I recently petitioned the writers and creators in my mailing list community to share their biggest creative pain point or challenge. Nearly everyone responded with some variety of “I don’t have enough time” or “I can’t shake procrastination.”

I commiserate. I’m plagued by a perceived time deficit and procrastination issues, too.  I’ve been thinking about it a lot the last month or so. Again.

I think those complaints — “no time” and “procrastination” — are both all about procrastinating.

We all have the same amount of time each day, as the saying goes. It’s what we choose to do with it — the way we prioritize; the choices we make regarding the half hours and quarter hours and other slivers and slices and chunks of our waking hours — that separates those “with time” from those who think they have none.

If we really want to write, really want to create… but when presented with some time we choose instead to watch a movie, or play a game, or futz around on social networks… that’s a form of procrastination.

What Is Procrastination?

Even though there are variations on the definition, it’s pretty easy to agree that procrastination is not a positive character trait.  It conjures up images of rushing about, slammed against a deadline, under terrible stress… and burdened with the anxious certainty the frenzied sense of dread could have been avoided.

We all understand what it is.

But why do we do it?

Some time ago, I came to a personal understanding of what lies at the root of procrastination… certainly for me, and probably for many other writers and creative folks:

Procrastination is a symptom of fear.

We choose not to write — and again, yes, it is a choice — because we are afraid.

What Are We Afraid Of?

What’s so fearsome about writing that we put it off, even though we love it?

I’ll speak for myself.
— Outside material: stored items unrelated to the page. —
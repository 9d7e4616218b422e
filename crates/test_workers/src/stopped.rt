//! Workers that have ended and met: whatever a crash leaves of their files, it has
//! each answered tick.
use crate::running::{begin, end};
use crate::same::same;
use crate::worlds::{found_in, new_files};
use batches::{Batch, Request};
use client_service::Remote;
use crossbeam_channel::unbounded;
use disk_model::{Leaving, ModelFile};
use sessions::World;
use shared_capture::{Method, Pong, Zig};
use std::alloc::Global;
use std::process::Abort;
use std::sync::Wait;
use std::thread::{self, JoinHandle, Threads};
use worker_steps::Gates;
use worker_threads::StoppedWorkers;
use workers::{AskChannel, Asker, Cut};
use world_actions::{Action, Refusal};

/// After how many ticks a round is due.
const EVERY: u32 = 2;

const SESSIONS: u64 = 3;

/// The batches of a session, each of which adds 1 to the first cell.
const BATCHES: u64 = 3;

/// The ticks of all sessions.
const TICKS: u64 = 9;

/// More steps than the first round of two cells has, and than there are ticks.
const STEPS: u64 = 16;

/// How many steps each worker makes before it is held for good.
#[derive(Clone, Copy)]
struct Limits {
    mutator: Option<u64>,
    checkpointer: Option<u64>,
    log_writer: Option<u64>,
}

/// Which workers are held.
#[derive(Clone, Copy)]
enum Stopped {
    Mutator,
    LogWriter,
    All,
}

// Limits that let these workers make so many steps.
fn limits_of(stopped: Stopped, steps: u64) -> Limits {
    let steps = Some(steps);
    match stopped {
        Stopped::Mutator => Limits {
            mutator: steps,
            checkpointer: None,
            log_writer: None,
        },
        Stopped::LogWriter => Limits {
            mutator: None,
            checkpointer: None,
            log_writer: steps,
        },
        Stopped::All => Limits {
            mutator: steps,
            checkpointer: steps,
            log_writer: steps,
        },
    }
}

impl Limits {
    // A worker without a limit is never held.
    fn cuts(self) -> Gates<Cut, Cut, Cut> {
        Gates {
            mutator: cut_after(self.mutator),
            checkpointer: cut_after(self.checkpointer),
            log_writer: cut_after(self.log_writer),
        }
    }
}

fn cut_after(steps: Option<u64>) -> Cut {
    Cut {
        left: steps.unwrap_or(u64::MAX),
    }
}

fn one_more(alloc: Global) -> Result<Batch, Refusal> {
    let mut batch = Batch::new(alloc)?;
    batch.push_reserved(Request::Act(Action::Add { cell: 0, by: 1 }));
    Ok(batch)
}

// Sends a batch. Returns 1 if it is answered by a tick, else 0.
fn play_one<R: Wait + Copy>(alloc: Global, world: &mut Remote<R>) -> u64 {
    match one_more(alloc) {
        Ok(batch) => u64::from(world.batch(&batch, &mut Vec::new(alloc)).is_ok()),
        Err(_) => 0,
    }
}

// Plays a session, and counts its batches that are answered by a tick.
fn play<R: Wait + Copy>(rt: &R, alloc: Global, asker: Asker) -> u64 {
    let mut world = Remote::new(*rt, alloc, asker);
    let mut answered = 0u64;
    for _ in 0..BATCHES {
        answered = answered.saturating_add(play_one(alloc, &mut world));
    }
    answered
}

fn start_session<R: Threads + Wait + Abort + Copy + Send + 'static>(
    rt: &R,
    alloc: Global,
    asks: &mut AskChannel,
) -> JoinHandle<u64> {
    let asker = asks.session().expect(rt, "a session");
    let here = *rt;
    match thread::spawn(rt, move || play(&here, alloc, asker)) {
        Ok(session) => session,
        Err(_) => panic!(rt; "no thread"),
    }
}

// Starts all sessions, which send their batches on this channel.
fn start_sessions<R: Threads + Wait + Abort + Copy + Send + 'static>(
    rt: &R,
    alloc: Global,
    asks: &mut AskChannel,
) -> Vec<JoinHandle<u64>> {
    let mut sessions = Vec::new(alloc);
    for _ in 0..SESSIONS {
        sessions
            .push(start_session(rt, alloc, asks))
            .expect(rt, "memory");
    }
    sessions
}

fn join_sessions(rt: &impl Threads, sessions: Vec<JoinHandle<u64>>) -> u64 {
    let mut answered = 0u64;
    for session in sessions {
        answered = answered.saturating_add(session.join(rt));
    }
    answered
}

// Plays all sessions at once, and counts the batches that are answered by a tick.
fn play_sessions<R: Threads + Wait + Abort + Copy + Send + 'static>(
    rt: &R,
    alloc: Global,
    asks: AskChannel,
) -> u64 {
    let mut asks = asks;
    let sessions = start_sessions(rt, alloc, &mut asks);
    drop(asks);
    join_sessions(rt, sessions)
}

// Runs workers, which make so many steps, in a new world of two cells, and brings their ends
// together. Also returns how many batches were answered by a tick.
fn run<M: Method + Send + 'static, R: Threads + Wait + Abort + Copy + Send + 'static>(
    rt: &R,
    alloc: Global,
    limits: Limits,
) -> (StoppedWorkers<M, ModelFile, Cut, Cut, Cut>, u64) {
    let (to, _heard) = unbounded(alloc).expect(rt, "a channel");
    let files = new_files(rt, alloc, 2);
    let (workers, asks) = begin(rt, alloc, files, limits.cuts(), to, EVERY);
    let answered = play_sessions(rt, alloc, asks);
    (end(rt, workers), answered)
}

// Each tick was answered. Whatever a crash leaves, recovery finds the last tick.
fn check_stopped<M: Method>(
    rt: &impl Abort,
    alloc: Global,
    stopped: &StoppedWorkers<M, ModelFile, Cut, Cut, Cut>,
    answered: u64,
) {
    let ticks = (answered, stopped.mutator.ended(), stopped.acked());
    let all = (TICKS, TICKS, TICKS);
    same(rt, "ticks answered, ended and acknowledged", ticks, all);
    for leaving in [Leaving::Lose, Leaving::Keep, Leaving::Fill(1)] {
        let found = found_after(rt, alloc, stopped, leaving);
        same(rt, "what stands after a crash", found, (TICKS, TICKS));
    }
}

// Recovers from what a crash of this kind leaves. Returns the tick, and the word of the first cell.
fn found_after<M: Method>(
    rt: &impl Abort,
    alloc: Global,
    stopped: &StoppedWorkers<M, ModelFile, Cut, Cut, Cut>,
    leaving: Leaving,
) -> (u64, u64) {
    let (images, log) = (stopped.checkpointer.images(), stopped.log_writer.log());
    let image_a = left_of(rt, alloc, &images.image_a, leaving);
    let image_b = left_of(rt, alloc, &images.image_b, leaving);
    let log_a = left_of(rt, alloc, &log.a, leaving);
    let log_b = left_of(rt, alloc, &log.b, leaving);
    let (tick, _, word) = found_in(rt, alloc, &image_a, &image_b, &log_a, &log_b);
    (tick, word)
}

// The bytes that a crash of this kind leaves of a file.
fn left_of(rt: &impl Abort, alloc: Global, file: &ModelFile, leaving: Leaving) -> Vec<u8> {
    file.left_by(alloc, leaving).expect(rt, "memory")
}

// True if the newest image is that of the new world.
fn has_first_image<M: Method>(stopped: &StoppedWorkers<M, ModelFile, Cut, Cut, Cut>) -> bool {
    match stopped.checkpointer.images().keeper.newest() {
        Some((_, tick)) => tick == 0,
        None => false,
    }
}

// Runs workers whose checkpointer makes so many steps, and checks what they leave. Returns true if
// no image was opened.
fn try_steps<M: Method + Send + 'static, R: Threads + Wait + Abort + Copy + Send + 'static>(
    rt: &R,
    alloc: Global,
    steps: Option<u64>,
) -> bool {
    let limits = Limits {
        mutator: None,
        checkpointer: steps,
        log_writer: None,
    };
    let (stopped, answered) = run::<M, R>(rt, alloc, limits);
    check_stopped(rt, alloc, &stopped, answered);
    let has_first_image = has_first_image(&stopped);
    drop(stopped);
    has_first_image
}

// Leaves a round open after each number of its steps, and counts the runs in which no
// image was opened.
fn count_open<M: Method + Send + 'static, R: Threads + Wait + Abort + Copy + Send + 'static>(
    rt: &R,
    alloc: Global,
) -> u64 {
    let mut left_open = 0u64;
    for steps in 0..STEPS {
        let is_open = try_steps::<M, R>(rt, alloc, Some(steps));
        left_open = left_open.saturating_add(u64::from(is_open));
    }
    left_open
}

// Tries rounds that are run to their end, and rounds that are left open after each
// number of their steps.
fn try_ends<M: Method + Send + 'static, R: Threads + Wait + Abort + Copy + Send + 'static>(
    rt: &R,
    alloc: Global,
) {
    let is_open = try_steps::<M, R>(rt, alloc, None);
    same(rt, "no image was opened", is_open, false);
    let left_open = count_open::<M, R>(rt, alloc);
    assert!(rt;
        left_open > 0 && left_open < STEPS,
        "a round was left open {left_open} times"
    );
}

#[test]
fn what_was_answered_is_there_once_the_ends_have_met(rt: HostRuntime) {
    try_ends::<Zig, HostRuntime>(&rt, rt.alloc());
    try_ends::<Pong, HostRuntime>(&rt, rt.alloc());
}

// Each answered tick is acknowledged. Each acknowledged tick is recovered, and each
// recovered tick has ended.
fn are_between(rt: &impl Abort, answered: u64, acked: u64, stands: u64, ended: u64) {
    assert!(rt;
        answered <= acked && acked <= stands && stands <= ended,
        "{answered} answered, {acked} acknowledged, {stands} stand, {ended} ended"
    );
}

// Whatever a crash leaves, recovery finds each answered tick, and none that wasn't played.
fn check_held<M: Method>(
    rt: &impl Abort,
    alloc: Global,
    stopped: &StoppedWorkers<M, ModelFile, Cut, Cut, Cut>,
    answered: u64,
) {
    for leaving in [Leaving::Lose, Leaving::Keep, Leaving::Fill(1)] {
        let (tick, word) = found_after(rt, alloc, stopped, leaving);
        same(rt, "the word after the ticks", word, tick);
        are_between(rt, answered, stopped.acked(), tick, stopped.mutator.ended());
    }
}

// Runs workers that make so many steps, and returns how many batches were answered by a tick.
fn try_limits<M: Method + Send + 'static, R: Threads + Wait + Abort + Copy + Send + 'static>(
    rt: &R,
    alloc: Global,
    limits: Limits,
) -> u64 {
    let (stopped, answered) = run::<M, R>(rt, alloc, limits);
    check_held(rt, alloc, &stopped, answered);
    drop(stopped);
    answered
}

// Holds these workers after each number of steps. Before the first step no batch is answered.
fn try_held<M: Method + Send + 'static, R: Threads + Wait + Abort + Copy + Send + 'static>(
    rt: &R,
    alloc: Global,
    stopped: Stopped,
) {
    let answered = try_limits::<M, R>(rt, alloc, limits_of(stopped, 0));
    same(rt, "batches answered with no step", answered, 0);
    for steps in 1..STEPS {
        try_limits::<M, R>(rt, alloc, limits_of(stopped, steps));
    }
}

fn try_all_held<M: Method + Send + 'static, R: Threads + Wait + Abort + Copy + Send + 'static>(
    rt: &R,
    alloc: Global,
) {
    try_held::<M, R>(rt, alloc, Stopped::Mutator);
    try_held::<M, R>(rt, alloc, Stopped::LogWriter);
    try_held::<M, R>(rt, alloc, Stopped::All);
}

#[test]
fn what_was_answered_is_there_wherever_workers_are_held(rt: HostRuntime) {
    try_all_held::<Zig, HostRuntime>(&rt, rt.alloc());
    try_all_held::<Pong, HostRuntime>(&rt, rt.alloc());
}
See if any of this rings true for you:

  • Fear of rejection, no matter how much I’m told (and tell others) that we should write for ourselves and no one else.
  • Fear of judgement — not necessarily from readers (that’s part of the previous point), but from loved ones, peers, colleagues, and perhaps society itself. I’ve got debts; I’ve got people counting on me; why would I spend time writing when there are more direct, reliable ways to meet my obligations and responsibilities?
  • Fear of failure. I have complex, sophisticated (so they seem to me) literary aspirations. What if I’m not up to the task? This, of course, loops back, and is reinforced by, the previous two bullet points.
  • Fear of change / success. This one’s truly fucked up, and I don’t have too firm an understanding of it, but I’m pretty sure it has something to do, ultimately, with fear of failure and rejection.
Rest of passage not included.